* SOURCE MATERIAL:

//! The preconditions of characteristics and of their values, at each slot.

ghost use Rattle.std.specs.Prelude.{◌≡◌, ◌<◌, ◌^◌, length, map, flat_map, slice_get, Some, OnOk};
ghost use Rattle.vc_compile_plan.specs.Numbering.{guard_brings, guard_from};
ghost use Rattle.vc_compile_plan.specs.Shown as shown;
ghost use Rattle.vc_compile_plan.specs.Sites.{named_at};
ghost use Rattle.vc_compile_plan.specs.Variables.{by_slot};
ghost use Rattle.vc_compile_numbering.specs.Growing.{seen, with_draft, with_drafts};
ghost use Rattle.vc_compile_layout.specs.Standing.{layout_seen};
ghost use Rattle.vc_compile_sites.specs.Standing.{asked_seen, entry_seen, site_seen};

use std::alloc::{AllocError, Global};
use vc_compile_layout::Layout;
use vc_compile_numbering::Numbering;
use vc_compile_sites::{
    Asked, Entry, Site, condition_at, entries_of, preconditions_among, setting_at, site_of,
};
use vc_model_parts::Characteristic;
use vc_plan::{Guard, Named, Piece, Slot};
use vc_types::At;

/// What is guarded: a characteristic, or one of its values.
#[derive(Clone, Copy)]
pub struct Guarded {
    pub at: Named,
    pub value: Option<Piece>,
}

fn push_guard(
    alloc: Global,
    layout: &Layout<'_, '_>,
    site: &Site<'_, '_, '_, '_>,
    guarded: Guarded,
    asked: Asked<'_>,
    out: &mut Numbering<Guard>,
) -> Result<(), AllocError>
    ensures { OnOk result (seen out.new ≡ with_draft guard_brings guard_from (seen out.old) (record {
      at = guarded.at;
      value = guarded.value;
      choice = shown.choice_at (layout_seen layout.now) (site_seen site.now) (asked_seen asked.entry);
    })) }
{
    let condition = condition_at(alloc, layout, site, asked.condition)?;
    let condition = out.trees.add_condition(condition)?;
    out.push(Guard {
        at: guarded.at,
        value: guarded.value,
        dependency: asked.dependency,
        condition,
    })
}

// These preconditions of a characteristic or a value.
fn push_each(
    alloc: Global,
    layout: &Layout<'_, '_>,
    site: &Site<'_, '_, '_, '_>,
    guarded: Guarded,
    preconditions: &[Asked<'_>],
    out: &mut Numbering<Guard>,
) -> Result<(), AllocError>
    ensures { OnOk result (seen out.new ≡ with_drafts guard_brings guard_from (seen out.old) (map
        (λ asked. record {
          at = guarded.at;
          value = guarded.value;
          choice = shown.choice_at (layout_seen layout.now) (site_seen site.now) asked;
        }) (map asked_seen preconditions.now))) }
{
    for asked in preconditions {
        push_guard(alloc, layout, site, guarded, *asked, out)?;
    }
    Ok(())
}

// The preconditions among what is used at a characteristic or a value.
fn push_guards_among(
    alloc: Global,
    layout: &Layout<'_, '_>,
    site: &Site<'_, '_, '_, '_>,
    guarded: Guarded,
    uses: &[u32],
    out: &mut Numbering<Guard>,
) -> Result<(), AllocError>
    ensures { OnOk result (seen out.new ≡ with_drafts guard_brings guard_from (seen out.old)
        (shown.guards_among (layout_seen layout.now) (site_seen site.now) guarded.at guarded.value uses.now)) }
{
    let preconditions = preconditions_among(alloc, layout, uses)?;
    push_each(alloc, layout, site, guarded, preconditions.as_slice(), out)?;
    Ok(())
}

// The preconditions of a listed value.
fn push_guards_of_value(
    alloc: Global,
    layout: &Layout<'_, '_>,
    site: &Site<'_, '_, '_, '_>,
    at: Named,
    entry: Entry<'_>,
    out: &mut Numbering<Guard>,
) -> Result<(), AllocError>
    ensures { OnOk result (seen out.new ≡ with_drafts guard_brings guard_from (seen out.old)
        (shown.guards_among (layout_seen layout.now) (site_seen site.now) at (Some (entry_seen entry.entry).piece)
        (entry_seen entry.entry).uses)) }
{
    let guarded = Guarded {
        at,
        value: Some(entry.piece),
    };
    push_guards_among(alloc, layout, site, guarded, entry.uses, out)
}

// The preconditions of listed values.
fn push_guards_of_values(
    alloc: Global,
    layout: &Layout<'_, '_>,
    site: &Site<'_, '_, '_, '_>,
    at: Named,
    entries: &[Entry<'_>],
    out: &mut Numbering<Guard>,
) -> Result<(), AllocError>
    ensures { OnOk result (seen out.new ≡ with_drafts guard_brings guard_from (seen out.old) (flat_map
        (λ entry. shown.guards_among (layout_seen layout.now) (site_seen site.now) at (Some entry.piece) entry.uses)
        (map entry_seen entries.now))) }
{
    for entry in entries {
        push_guards_of_value(alloc, layout, site, at, *entry, out)?;
    }
    Ok(())
}

// A characteristic's own preconditions, then those of its values.
#[tactic(auto, using(vc_compile_numbering::proofs::NumberingLaws::drafts_append))]
fn push_guards_of(
    alloc: Global,
    layout: &Layout<'_, '_>,
    site: &Site<'_, '_, '_, '_>,
    at: Named,
    characteristic: &Characteristic,
    out: &mut Numbering<Guard>,
) -> Result<(), AllocError>
    ensures { OnOk result (seen out.new ≡ with_drafts guard_brings guard_from (seen out.old)
        (shown.guards_of (layout_seen layout.now) (site_seen site.now) at (Some characteristic.now))) }
{
    let entries = entries_of(alloc, &characteristic.values)?;
    let guarded = Guarded { at, value: None };
    push_guards_among(
        alloc,
        layout,
        site,
        guarded,
        characteristic.uses.as_slice(),
        out,
    )?;
    push_guards_of_values(alloc, layout, site, at, entries.as_slice(), out)?;
    Ok(())
}

// The preconditions of a characteristic at the slot whose site this is.
fn push_guards_of_member(
    alloc: Global,
    layout: &Layout<'_, '_>,
    site: &Site<'_, '_, '_, '_>,
    number: u32,
    member: u32,
    out: &mut Numbering<Guard>,
) -> Result<(), AllocError>
    ensures { OnOk result (seen out.new ≡ with_drafts guard_brings guard_from (seen out.old)
        (shown.guards_of (layout_seen layout.now) (site_seen site.now) (named_at (layout_seen layout.now) number member)
        (slice_get ((layout_seen layout.now).model).characteristics member))) }
{
    match layout.characteristic(member) {
        Some(characteristic) => {
            let at = layout.named_at(number, member);
            push_guards_of(alloc, layout, site, at, characteristic, out)
        }
        None => Ok(()),
    }
}

fn push_guards_of_members(
    alloc: Global,
    layout: &Layout<'_, '_>,
    site: &Site<'_, '_, '_, '_>,
    number: u32,
    members: &[u32],
    out: &mut Numbering<Guard>,
) -> Result<(), AllocError>
    ensures { OnOk result (seen out.new ≡ with_drafts guard_brings guard_from (seen out.old) (flat_map
        (λ c. shown.guards_of (layout_seen layout.now) (site_seen site.now) (named_at (layout_seen layout.now) number c)
        (slice_get ((layout_seen layout.now).model).characteristics c)) members.now)) }
{
    for member in members {
        push_guards_of_member(alloc, layout, site, number, *member, out)?;
    }
    Ok(())
}

fn push_guards_at(
    alloc: Global,
    layout: &Layout<'_, '_>,
    number: u32,
    slot: &Slot,
    out: &mut Numbering<Guard>,
) -> Result<(), AllocError>
    ensures { OnOk result (seen out.new ≡ with_drafts guard_brings guard_from (seen out.old)
        (shown.guards_at (layout_seen layout.now) number slot.now)) }
{
    let setting = setting_at(alloc, layout, slot, At::Characteristic)?;
    let site = site_of(&setting, number, slot);
    let members = layout.members_of(slot.object);
    push_guards_of_members(alloc, layout, &site, number, members, out)?;
    Ok(())
}

fn push_guards_of_slots(
    alloc: Global,
    layout: &Layout<'_, '_>,
    slots: &[Slot],
    out: &mut Numbering<Guard>,
) -> Result<(), AllocError>
    requires { length slots.now < 2 ^ 32 }
    ensures { OnOk result (seen out.new ≡ with_drafts guard_brings guard_from (seen out.old)
        (by_slot (shown.guards_at (layout_seen layout.now)) 0 slots.now)) }
{
    for (number, slot) in slots.iter().enumerate() {
        push_guards_at(alloc, layout, number as u32, slot, out)?;
    }
    Ok(())
}

/// Puts the preconditions of all slots last.
pub fn push_guards(
    alloc: Global,
    layout: &Layout<'_, '_>,
    out: &mut Numbering<Guard>,
) -> Result<(), AllocError>
    ensures { OnOk result (seen out.new ≡ with_drafts guard_brings guard_from (seen out.old)
        (shown.guard_drafts (layout_seen layout.now))) }
{
    push_guards_of_slots(alloc, layout, layout.slots(), out)
}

* TASK PROMPT: Where the string "choice" occurs in a line of the material above, copy the whole line.

* YOUR SOLUTION:
      choice = shown.choice_at (layout_seen layout.now) (site_seen site.now) (asked_seen asked.entry);
          choice = shown.choice_at (layout_seen layout.now) (site_seen site.now) asked;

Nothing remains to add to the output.